WHAT YOU SHOULD DO :: Throughout the material, some lines may have the word "padded". Count them and give the number only.
▼
// The nested column codes: 01, "Field and column". A column is a number below 2^30, position 0 its top bit.
// The laws hold for every family of nested codes (specs/Shape.antt); `remainder` and `systematic` serve every size, the rest is the short page's instance.
#![tactic(auto)]

pub mod masks;

ghost use Rattle.std.specs.Prelude.{◌≡◌, [], ◌∷◌, ◌+◌, ◌*◌, ◌%◌, ◌^◌, ◌<◌, ◌≤◌};
ghost use Rattle.poly.specs.Polynomial.{scale, remainder as remainder_of, Degree};
ghost use Rattle.column.specs.Shape.{short, generator as generator_of, degree};
ghost use Rattle.column.specs.Level.{level_word, column_of, reimaged, is_word};

// p where the digit q is 1, else 0: a product, not a choice as in `field` and `syndromes`, since a branch on a digit is mispredicted half of the time
fn pick(p: u64, q: u64) -> u64
    requires { q < 2 }
    ensures { result ≡ scale (q % 2) p }
{
    p * q
}

// The remainder of w by g, of degree d, where w has at most k bits more than that.
pub fn remainder(w: u64, k: usize, d: usize, g: u64) -> u64
    requires k_bound { d + k ≤ 63 }
    requires w_bound { w < 2 ^ (d + k) }
    requires degree { Degree d g }
    ensures { result ≡ remainder_of d g w }
{
    let mut r = w;
    for i in (0..k).rev() {
        r ^= pick(g << i, r >> (d + i));
    }
    r
}

// A symbol of at most k bits, then its remainder bits: the systematic word.
pub fn systematic(symbol: u64, k: usize, d: usize, g: u64) -> u64
    requires k_bound { d + k ≤ 63 }
    requires symbol_bound { symbol < 2 ^ k }
    requires degree { Degree d g }
    ensures { result ≡ symbol * 2 ^ d + remainder_of d g (symbol * 2 ^ d) }
{
    let v = symbol << d;
    v + remainder(v, k, d, g)
}

// The generators of the levels: f1, f1·f3, f1·f3·f5, f1·f3·f5·f7.
const GENERATORS: [u64; 4] = [67, 5433, 492239, 31139703];

// the generator of a level
pub fn generator(level: usize) -> u64
    requires { level < 4 }
    ensures { result ≡ generator_of short level }
{
    GENERATORS[level]
}

// the degree of a level's generator: six bits for each level up to it
pub fn degree_of(level: usize) -> usize
    requires { level < 4 }
    ensures { result ≡ degree short level }
{
    6 * (level + 1)
}

// The level word of a symbol.
pub fn level_word(level: usize, symbol: u64) -> u64
    requires level_bound { level < 4 }
    requires symbol_bound { symbol < 64 }
    ensures { result ≡ level_word short level symbol }
{
    systematic(symbol, 6, degree_of(level), generator(level))
}

// The column of four symbols, level 0's first.
pub fn encode(s0: u64, s1: u64, s2: u64, s3: u64) -> u64
    requires { (s0 < 64) × (s1 < 64) × (s2 < 64) × (s3 < 64) }
    ensures { result ≡ column_of short (s0 ∷ s1 ∷ s2 ∷ s3 ∷ []) }
{
    level_word(3, s3) ^ level_word(2, s2) ^ level_word(1, s1) ^ level_word(0, s0)
}

// Whether a column is a word of a level.
pub fn is_word(level: usize, column: u64) -> bool
    requires level_bound { level < 4 }
    requires column_bound { column < 2 ^ 30 }
    ensures { result ≡ is_word short level column }
{
    let d = degree_of(level);
    remainder(column, 30 - d, d, generator(level)) == 0
}

// Re-imaging: the symbol of a level, after the words of the levels above were taken off, the highest first.
pub fn reimage(level: usize, column: u64) -> u64
    requires level_bound { level < 4 }
    requires column_bound { column < 2 ^ 30 }
    ensures { result ≡ reimaged short level column }
{
    let mut w = column;
    for i in (level + 1..4).rev() {
        w ^= level_word(i, w >> degree_of(i));
    }
    w >> degree_of(level)
}
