// The typing walk: from the root of the query down, left field first, with 13 to 16 where they are met. One loop does it, with what is begun on a lent
// stack: a frame is two words, a node, and what it keeps. A node keeps 0 while its first part is done, and one more than a number while its second is: a
// pair its first part's entry, a for its source's class, a let 0. Parts have lower nodes, so there are never more frames than nodes. The marks are scratch
// for prime, child and dos. The loop owns the scope, and lends it: a step down looks in it (`enter`), and a step up binds a variable before a body and
// unbinds it after it (`leave`).
// kept: a frame is two words, and no struct, since `walk` asks its callers for a stack of words (its clause `deep`).
#![tactic(auto)]

ghost use Rattle.std.specs.Prelude.{◌≡◌, Ok, List, ℕ, suc, ◌+◌, ◌*◌, ◌≤◌, ◌<◌, length, get_or, set};
ghost use Rattle.meaning.specs.Types.{Defs};
ghost use Rattle.meaning.specs.Records.{Node};
ghost use Rattle.meaning.specs.Queries as Queries;
ghost use Rattle.meaning.specs.Queries.{Query as Term, query_at};
ghost use Rattle.leaves.specs.Walk.{Begins};
ghost use Rattle.typing.specs.declared.Next.TheVariants as Stands;
ghost use Rattle.typing.specs.Walking.{begun, Free, Here, Framed, Goes, Turns, Typed};

use grow::Made;
use queries::Query;
use refusals::Refusal;
use scope::{Scope, Var};
use tables::Nodes;

// Where the walk stands, with so many frames on its stack: down at a node that is to be done, with so many entries, or up with what a node made.
#[derive(Clone, Copy)]
enum Next {
    Down {
        node: usize,
        count: usize,
        top: usize,
    },
    Up {
        made: Made,
        top: usize,
    },
}

// Down into a part of the frame over i others, which keeps a number for it.
fn go_on(stack: &mut [u16], i: usize, kept: u16, q: u16, count: usize) -> Next
    requires { 2 * i + 1 < length stack.old }
    ensures comes { result ≡ Stands.Down q count (suc i) }
    ensures keeps { stack.new ≡ set stack.old (2 * i + 1) kept }
{
    stack[2 * i + 1] = kept;
    Next::Down {
        node: usize::from(q),
        count,
        top: i + 1,
    }
}

// Down into the first part of node n, which becomes a frame.
fn begin(stack: &mut [u16], top: usize, n: usize, part: u16, count: usize) -> Next
    requires room { 2 * top + 1 < length stack.old }
    requires low { n < 1024 }
    ensures comes { result ≡ Stands.Down part count (suc top) }
    ensures frame { stack.new ≡ begun stack.old top n }
{
    stack[2 * top] = n as u16;
    go_on(stack, top, 0, part, count)
}

// A step down at node n: what it is, if it has no parts, or down into its first part.
fn enter(
    types: &mut [u16],
    classes: &mut [u16],
    marks: &mut [u16],
    defs: &[u16],
    code: &Nodes,
    count: usize,
    scope: &Scope,
    n: usize,
    stack: &mut [u16],
    top: usize,
) -> Result<Next, Refusal>
    requires here { Here types.old classes.old marks.old defs.now code.now count n scope.now }
    requires room { 2 * top + 1 < length stack.old }
    ensures { Goes defs.now code.now types.old types.new classes.old classes.new count scope.now n stack.old stack.new top result }
{
    let query = queries::read_query(code, n);
    match query {
        Query::Nothing => {
            let made = leaves::nothing(count);
            Ok(Next::Up { made, top })
        }
        Query::Text(_) => {
            let made = leaves::text(count);
            Ok(Next::Up { made, top })
        }
        Query::Element(_, p) | Query::Pair(p, _) | Query::For(_, p, _) | Query::Let(_, p, _) => {
            Ok(begin(stack, top, n, p, count))
        }
        Query::Variable(v) => {
            let made = leaves::variable(count, scope, n, v)?;
            Ok(Next::Up { made, top })
        }
        Query::Child(v, test) => {
            let made = leaves::child(test, types, classes, defs, count, n, v, scope, marks)?;
            Ok(Next::Up { made, top })
        }
        Query::Dos(v, test) => {
            let made = leaves::dos(test, types, classes, defs, count, n, v, scope, marks)?;
            Ok(Next::Up { made, top })
        }
        Query::When(p, q) => {
            conds::type_cond(code, usize::from(p), scope)?;
            Ok(begin(stack, top, n, q, count))
        }
    }
}

// A pair with what a part made: its first one, and then comes its second; or its second, and the pair is appended.
fn paired(
    types: &mut [u16],
    classes: &mut [u16],
    part: Made,
    n: usize,
    q: u16,
    k: u16,
    stack: &mut [u16],
    i: usize,
) -> Result<Next, Refusal>
    requires long { 4096 ≤ length classes.old }
    requires room { 2 * i + 1 < length stack.old }
    requires few { part.at < 4096 }
    ensures { (D : Defs) (C : List Node) (p : Term) (s : Scope) → query_at C n ≡ Queries.pair n p (query_at C q) → q < n → k ≤ part.count → part.at < part.count → Begins D types.old classes.old part.count s → Turns D C types.old types.new classes.old classes.new part.count s n k part.at stack.old stack.new i result s }
{
    if k == 0 {
        let kept = part.at as u16 + 1;
        return Ok(go_on(stack, i, kept, q, part.count));
    }
    let made = joins::add(types, classes, part.count, n, 4, k - 1, part.at)?; // a pair
    Ok(Next::Up { made, top: i })
}

// let with what a part made: its source, and then comes its body with a forest variable of the source's type; or its body.
fn named(
    part: Made,
    scope: &mut Scope,
    n: usize,
    v: u16,
    q: u16,
    k: u16,
    stack: &mut [u16],
    i: usize,
) -> Result<Next, Refusal>
    requires room { 2 * i + 1 < length stack.old }
    requires low { v ≤ 63 }
    requires few { part.at < 4096 }
    ensures { (D : Defs) (C : List Node) (p : Term) (ws cs : List ℕ) → query_at C n ≡ Queries.let_in n v p (query_at C q) → q < n → Begins D ws cs part.count scope.old → part.at < part.count → Turns D C ws ws cs cs part.count scope.old n k part.at stack.old stack.new i result scope.new }
{
    let w = usize::from(v);
    if k != 0 {
        *scope = scope.unbind(w);
        return Ok(Next::Up { made: part, top: i });
    }
    let source = joins::free(n, v, Ok(part), scope)?;
    let x = Var::Forest(source.at as u16);
    *scope = scope.bind(w, x);
    Ok(go_on(stack, i, 1, q, source.count))
}

// for with what its source made, which 14 let through: its prime, and then its body with a tree variable of that type.
fn primed(
    types: &mut [u16],
    classes: &mut [u16],
    marks: &mut [u16],
    defs: &[u16],
    source: Made,
    scope: &mut Scope,
    n: usize,
    v: u16,
    q: u16,
    stack: &mut [u16],
    i: usize,
) -> Result<Next, Refusal>
    requires begins { Begins defs.now types.old classes.old source.count scope.old }
    requires marked { 4096 ≤ length marks.old }
    requires free { Free scope.old v }
    requires low { source.at < source.count }
    requires room { 2 * i + 1 < length stack.old }
    ensures { (C : List Node) (p : Term) → query_at C n ≡ Queries.for n v p (query_at C q) → q < n → Turns defs.now C types.old types.new classes.old classes.new source.count scope.old n 0 source.at stack.old stack.new i result scope.new }
{
    let class = classes[source.at];
    let made = walks::prime(types, classes, defs, source.count, n, source.at, marks)?;
    let x = Var::Tree(made.at as u16);
    scope.set(usize::from(v), x);
    Ok(go_on(stack, i, class + 1, q, made.count))
}

// for with what a part made: its source, and then come 14, prime and its body; or its body, which is repeated as often as the source's class says.
fn each(
    types: &mut [u16],
    classes: &mut [u16],
    marks: &mut [u16],
    defs: &[u16],
    part: Made,
    scope: &mut Scope,
    n: usize,
    v: u16,
    q: u16,
    k: u16,
    stack: &mut [u16],
    i: usize,
) -> Result<Next, Refusal>
    requires begins { Begins defs.now types.old classes.old part.count scope.old }
    requires marked { 4096 ≤ length marks.old }
    requires few { v ≤ 63 }
    requires low { part.at < part.count }
    requires room { 2 * i + 1 < length stack.old }
    ensures { (C : List Node) (p : Term) → query_at C n ≡ Queries.for n v p (query_at C q) → q < n → Turns defs.now C types.old types.new classes.old classes.new part.count scope.old n k part.at stack.old stack.new i result scope.new }
{
    if k != 0 {
        scope.clear(usize::from(v));
        let made = joins::repeat(types, classes, part.count, n, k - 1, part.at)?;
        return Ok(Next::Up { made, top: i });
    }
    let source = joins::free(n, v, Ok(part), scope)?;
    primed(
        types, classes, marks, defs, source, scope, n, v, q, stack, i,
    )
}

// A step up to the frame over i others, with what its part made.
fn leave(
    types: &mut [u16],
    classes: &mut [u16],
    marks: &mut [u16],
    defs: &[u16],
    code: &Nodes,
    part: Made,
    scope: &mut Scope,
    stack: &mut [u16],
    i: usize,
) -> Result<Next, Refusal>
    requires framed { Framed defs.now types.old classes.old marks.old code.now part.count scope.old stack.old i part.at }
    ensures { Turns defs.now code.now types.old types.new classes.old classes.new part.count scope.old (get_or stack.old (2 * i) 0) (get_or stack.old (2 * i + 1) 0) part.at stack.old stack.new i result scope.new }
{
    let j = 2 * i;
    let n = usize::from(stack[j]);
    let k = stack[j + 1];
    let query = queries::read_query(code, n);
    match query {
        Query::Element(l, _) => {
            let made = joins::add(types, classes, part.count, n, 3, l, part.at)?; // an element
            Ok(Next::Up { made, top: i })
        }
        Query::Pair(_, q) => paired(types, classes, part, n, q, k, stack, i),
        Query::For(v, _, q) => {
            each(
                types, classes, marks, defs, part, scope, n, v, q, k, stack, i,
            )
        }
        Query::Let(v, _, q) => named(part, scope, n, v, q, k, stack, i),
        Query::When(_, _) => {
            let made = joins::repeat(types, classes, part.count, n, 2, part.at)?; // an opt
            Ok(Next::Up { made, top: i })
        }
        Query::Nothing
        | Query::Text(_)
        | Query::Variable(_)
        | Query::Child(_, _)
        | Query::Dos(_, _) => Ok(Next::Up { made: part, top: i }),
    }
}

// The query at node n, in a scope. The stack has two words for each node.
pub fn walk(
    types: &mut [u16],
    classes: &mut [u16],
    marks: &mut [u16],
    defs: &[u16],
    code: &Nodes,
    count: usize,
    mut scope: Scope,
    n: usize,
    stack: &mut [u16],
) -> Result<Made, Refusal>
    requires here { Here types.old classes.old marks.old defs.now code.now count n scope }
    requires deep { 2048 ≤ length stack.old }
    ensures { Typed defs.now types.old types.new classes.old classes.new count (query_at code.now n) scope result }
{
    let mut next = Next::Down {
        node: n,
        count,
        top: 0,
    };
    loop {
        match next {
            Next::Down {
                node,
                count: m,
                top,
            } => {
                next = enter(
                    types, classes, marks, defs, code, m, &scope, node, stack, top,
                )?;
            }
            Next::Up { made, top } => {
                if top == 0 {
                    return Ok(made);
                }
                let i = top - 1;
                next = leave(
                    types, classes, marks, defs, code, made, &mut scope, stack, i,
                )?;
            }
        }
    }
}
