// Words in bytes, entries and nodes in lent tables, clearing, copying, and the test word: the leaves that reading, typing and running share.
// Only these functions know how many words an entry has.
#![tactic(auto)]

ghost use Rattle.std.specs.Prelude.{◌≡◌, [], ◌∷◌, ◌++◌, length, get_or, take, drop};
ghost use Prim.Native.Nat.{◌+◌, ◌*◌, ◌/◌, ◌≤◌, ◌<◌, min};
ghost use Rattle.meaning.specs.Base.{word, bytes_of, zeros, padded, type_width, code_width, type_capacity, code_capacity, work_capacity};
ghost use Rattle.meaning.specs.Forests.{passes};
ghost use Rattle.meaning.specs.Records.{is_condition};
ghost use Rattle.words.specs.Tables.{stored};
ghost use Rattle.words.specs.Says.{head_of};

// The little-endian 16-bit word at a byte offset.
pub fn word(s: &[u8], at: usize) -> u16
    requires { at + 2 ≤ length s.now }
    ensures { result ≡ word s.now at }
{
    u16::from_le_bytes([s[at], s[at + 1]])
}

// A little-endian 16-bit word stored at a byte offset.
pub fn put_word(t: &mut [u8], at: usize, w: u16)
    requires { at + 2 ≤ length t.old }
    ensures { t.new ≡ stored t.old at (bytes_of (w ∷ [])) }
{
    t[at..at + 2].copy_from_slice(&w.to_le_bytes());
}

// How many type entries, query nodes and forest entries a lent table has room for.
pub fn type_room(t: &[u16]) -> usize
    ensures { result ≡ type_capacity (length t.now) }
{
    room::<3, 4096>(t)
}

pub fn code_room(t: &[u16]) -> usize
    ensures { result ≡ code_capacity (length t.now) }
{
    room::<4, 1024>(t)
}

pub fn work_room(t: &[u16]) -> usize
    ensures { result ≡ work_capacity (length t.now) }
{
    room::<3, 8192>(t)
}

// Rows of so many words, at most so many of them.
fn room<const WIDTH: usize, const MOST: usize>(t: &[u16]) -> usize
    requires { 0 < WIDTH }
    ensures { result ≡ min (length t.now / WIDTH) MOST }
{
    (t.len() / WIDTH).min(MOST)
}

// The words of an entry: its kind and its fields.
#[derive(Clone, Copy, Debug, PartialEq, Eq)]
pub struct Entry {
    pub kind: u16,
    pub a: u16,
    pub b: u16,
}

pub fn read_entry(t: &[u16], e: usize) -> Entry
    requires { type_width * e + type_width ≤ length t.now }
    ensures { result ≡ record { kind = get_or t.now (type_width * e) 0; a = get_or t.now (type_width * e + 1) 0; b = get_or t.now (type_width * e + 2) 0 } }
{
    let at = 3 * e;
    let kind = t[at];
    let a = t[at + 1];
    let b = t[at + 2];
    Entry { kind, a, b }
}

// The words of a query node.
#[derive(Clone, Copy, Debug, PartialEq, Eq)]
pub struct Node {
    pub kind: u16,
    pub a: u16,
    pub b: u16,
    pub c: u16,
}

pub fn read_node(t: &[u16], n: usize) -> Node
    requires { code_width * n + code_width ≤ length t.now }
    ensures { result ≡ record { kind = get_or t.now (code_width * n) 0; a = get_or t.now (code_width * n + 1) 0; b = get_or t.now (code_width * n + 2) 0; c = get_or t.now (code_width * n + 3) 0 } }
{
    let at = 4 * n;
    let kind = t[at];
    let a = t[at + 1];
    let b = t[at + 2];
    let c = t[at + 3];
    Node { kind, a, b, c }
}

// Whether a query node of this kind is a condition.
pub fn is_condition(kind: u16) -> bool
    ensures { result ≡ is_condition kind }
{
    matches!(kind, 48..=53)
}

// The words of an entry stored at its place.
pub fn put_entry(t: &mut [u16], e: usize, kind: u16, a: u16, b: u16)
    requires { type_width * e + type_width ≤ length t.old }
    ensures { t.new ≡ stored t.old (type_width * e) (kind ∷ a ∷ b ∷ []) }
{
    let at = 3 * e;
    t[at] = kind;
    t[at + 1] = a;
    t[at + 2] = b;
}

// The words of a node stored at its place.
pub fn put_node(t: &mut [u16], n: usize, kind: u16, a: u16, b: u16, c: u16)
    requires { code_width * n + code_width ≤ length t.old }
    ensures { t.new ≡ stored t.old (code_width * n) (kind ∷ a ∷ b ∷ c ∷ []) }
{
    let at = 4 * n;
    t[at] = kind;
    t[at + 1] = a;
    t[at + 2] = b;
    t[at + 3] = c;
}

// Zeros in the whole of a table.
pub fn clear(t: &mut [u16])
    ensures { t.new ≡ zeros (length t.old) }
{
    t.fill(0);
}

// Zeros in the first entries and in the first nodes of a table.
pub fn clear_entries(t: &mut [u16], n: usize)
    requires { type_width * n ≤ length t.old }
    ensures { t.new ≡ zeros (type_width * n) ++ drop (type_width * n) t.old }
{
    t[..3 * n].fill(0);
}

pub fn clear_nodes(t: &mut [u16], n: usize)
    requires { code_width * n ≤ length t.old }
    ensures { t.new ≡ zeros (code_width * n) ++ drop (code_width * n) t.old }
{
    t[..4 * n].fill(0);
}

// Zeros behind the first entries of a table.
pub fn clear_behind(t: &mut [u16], n: usize)
    requires { type_width * n ≤ length t.old }
    ensures { t.new ≡ padded (length t.old) (take (type_width * n) t.old) }
{
    t[3 * n..].fill(0);
}

// Zeros in a buffer from an offset on.
pub fn clear_bytes(t: &mut [u8], from: usize)
    ensures { t.new ≡ padded (length t.old) (take from t.old) }
{
    let start = from.min(t.len());
    t[start..].fill(0);
}

// A stretch copied to the front of a table.
pub fn copy(from: &[u16], to: &mut [u16])
    requires { length from.now ≤ length to.old }
    ensures { to.new ≡ stored to.old 0 from.now }
{
    to[..from.len()].copy_from_slice(from);
}

// What a test word looks at: the top of a tree, or an atom of a type.
#[derive(Clone, Copy, Debug, PartialEq, Eq)]
pub enum Head {
    Text,
    Label(u16),
}

// Whether a tree or an atom passes a test word.
pub fn passes(test: u16, head: Head) -> bool
    ensures { result ≡ passes test (head_of head) }
{
    match test {
        0 => true,
        1..=65534 => match head {
            Head::Text => false,
            Head::Label(label) => test == label,
        },
        65535 => matches!(head, Head::Text),
    }
}
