//! What workers drive under their lock: a world that keeps to its plan.
ghost use Rattle.unum_world.specs.Turns.{EveryLogHasOneTrace};

use crate::opening::Opening;
use crate::planned::Planned;
use crate::turns::{hand, pick};
use fn_table::Answered;
use seat_lock::Logged;
use worker_gate::{Engine, Pick};

/// What a world that keeps to its plan began with, as contracts see it. No value of it is made.
#[derive(Drop)]
pub struct Start {
    /// How it began.
    pub opening: Opening,
    /// How many events it may have.
    pub limit: u64,
}

/// The log has the codes of the events.
impl Logged for Planned {
    ghost use Rattle.unum_world.specs.Turns.{start_of, log_of};

    type Opening = Start;

    ghost opening = { λ p. start_of p };

    ghost log = { λ p. log_of p };

    /// How many events the history has.
    fn length(&self) -> u64 {
        self.world.length()
    }
}

/// A worker's live attempt makes the event that the plan allows it, but where that is an Answer the worker is asked to call the
/// function, and no event is made; where the table has no such function, the Answer is made. A worker without a live attempt
/// makes the first delivery or giving up that the plan allows, and is idle exactly where it allows none. `Spent` comes exactly
/// where an event was to be made and the history is full. An answer that is handed in is made an Answer where its attempt waits
/// for that call and the plan allows it, and else the worker is free.
impl Engine for Planned {
    ghost use Rattle.std.specs.Prelude.{◌≤◌, length};
    ghost use Rattle.unum_world.specs.Turns.{OnTrace, OnTraces, IsIdle, Picks, Hands};

    ghost idle = { λ start log. OnTrace start log (λ p. IsIdle p) };

    ghost full = { λ start log. start.limit ≤ length log };

    ghost picked = { λ start before mine answer after. OnTraces start before after (λ p q. Picks p mine answer q) };

    ghost handed = { λ start before done answer after. OnTraces start before after (λ p q. Hands p done answer q) };

    fn pick(&mut self, mine: Option<u32>) -> Pick {
        pick(&mut self.world, mine)
    }

    fn hand(&mut self, done: &Answered) -> Pick {
        hand(&mut self.world, done)
    }
}

/// A log has one trace at most: an event's code tells the event, since in a world of at most 1,000 sessions and 10,000,000 events
/// all numbers have 32 bits. It does nothing.
#[tactic(auto, using(crate::proofs::OneTrace::every_log_has_one_trace))]
pub fn logs_have_one_trace()
    ensures { EveryLogHasOneTrace }
{}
▲
RESPONSE AREA :: 3